Task statement -> Search the data for the word "reads" and copy out every line that has it.

Stored data:
*** Block opens ***

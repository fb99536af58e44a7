//! A board that was just switched on.

use crate::calls::*;
use bank::Bank;
use board::board::Board;
use front_ends::charge::Charge;
use front_ends::time::Time;
use reader_tests::pair::Pair;
use std::process::Abort;

fn is_new<B: Bank>(rt: &impl Abort, bank: &mut B) {
    assert_eq!(rt; bank.stations(), 1);
    reads(rt, bank, GEO, Ok(31));
    reads(rt, bank, STATUS, Ok(0));
    reads(rt, bank, MODE, Ok(0x4880));
    reads(rt, bank, CRATE, Ok(0));
    counts(rt, bank, 0);
    draws_nothing(rt, bank);
}

fn has_all_thresholds<B: Bank>(rt: &impl Abort, bank: &B) {
    for tag in 0..32 {
        reads(rt, bank, THRESHOLDS + 2 * tag, Ok(0));
    }
}

#[test]
fn a_time_board(rt: HostRuntime) {
    let mut board = Board::new(Time);
    is_new(&rt, &mut board);
    has_all_thresholds(&rt, &board);
}

#[test]
fn a_charge_board(rt: HostRuntime) {
    let mut board = Board::new(Charge);
    is_new(&rt, &mut board);
    has_all_thresholds(&rt, &board);
}

#[test]
fn a_board_of_two_slots(rt: HostRuntime) {
    let mut board = Board::new(Pair);
    is_new(&rt, &mut board);
    for tag in 0..32 {
        let expected = if tag == 5 || tag == 9 { Ok(0) } else { Err(5) };
        reads(&rt, &board, THRESHOLDS + 2 * tag, expected);
    }
}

*** Block closes ***

Solution for this exercise ->
    reads(rt, bank, GEO, Ok(31));
    reads(rt, bank, STATUS, Ok(0));
    reads(rt, bank, MODE, Ok(0x4880));
    reads(rt, bank, CRATE, Ok(0));
        reads(rt, bank, THRESHOLDS + 2 * tag, Ok(0));
        reads(&rt, &board, THRESHOLDS + 2 * tag, expected);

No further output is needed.